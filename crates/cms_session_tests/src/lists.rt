// Lists of extensions.
use cms_cases::Report;
use cms_ext::{ExtList, Extension, PushExt, Tally};
use cms_names::Part;
use cms_text::coded;
use std::alloc::{AllocError, Global};
use std::process::Abort;

/// Steps on a list: a capital letter hands a Tally in under it, its small letter asks for the place, and a digit drops what stands there.
/// What comes of the steps, and the words at last.
pub const ROWS: &str = "\
ABabc => ..01- AB
ABCA1acA0c => ...!.01!.0 C
aA => -. A";

// What comes of handing an object in.
fn pushed(came: &Result<(), PushExt>) -> char {
    match came {
        Ok(()) => '.',
        Err(PushExt::Twice(_)) => '!',
        Err(PushExt::Memory(_)) => '?',
    }
}

// The word of a letter.
fn word_of(letter: u8) -> Option<Part> {
    Part::read(&coded(&[letter.to_ascii_uppercase()])).ok()
}

// Asks for the place of a word, below 10.
fn find(list: &ExtList, word: &Part) -> char {
    match list.find(word) {
        Some(place) => char::from(b'0' + (place % 10) as u8),
        None => '-',
    }
}

// Drops what stands in a place, where there is one.
fn drop_at(list: &mut ExtList, place: u32) -> char {
    if (place as usize) < list.len() {
        list.drop_at(place);
        '.'
    } else {
        '-'
    }
}

// Adds the words in their order.
fn push_words(into: &mut Report, list: &ExtList) {
    for place in 0..list.len() as u32 {
        into.ascii(list.word(place).as_bytes());
    }
}

// Hands a Tally in under a word.
fn hand_in(alloc: Global, list: &mut ExtList, word: Part) -> Result<char, AllocError> {
    let tally: Box<dyn Extension> = Box::new(alloc, Tally::new())?;
    Ok(pushed(&list.push(word, tally)))
}

/// Tells what comes of steps.
pub fn tell<R: Abort>(into: &mut Report, rt: &R, alloc: Global, case: &str) {
    let mut list = ExtList::new(alloc);
    for byte in case.as_bytes() {
        into.push(match word_of(*byte) {
            Some(word) if byte.is_ascii_uppercase() => {
                hand_in(alloc, &mut list, word).expect(rt, "memory")
            }
            Some(word) if byte.is_ascii_lowercase() => find(&list, &word),
            _ => drop_at(&mut list, u32::from(byte.saturating_sub(b'0'))),
        });
    }
    into.push(' ');
    push_words(into, &list)
}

### Exercise brief
Bring together every line in the entries that holds the string "from".

### Solution to this task
        Some(place) => char::from(b'0' + (place % 10) as u8),
            _ => drop_at(&mut list, u32::from(byte.saturating_sub(b'0'))),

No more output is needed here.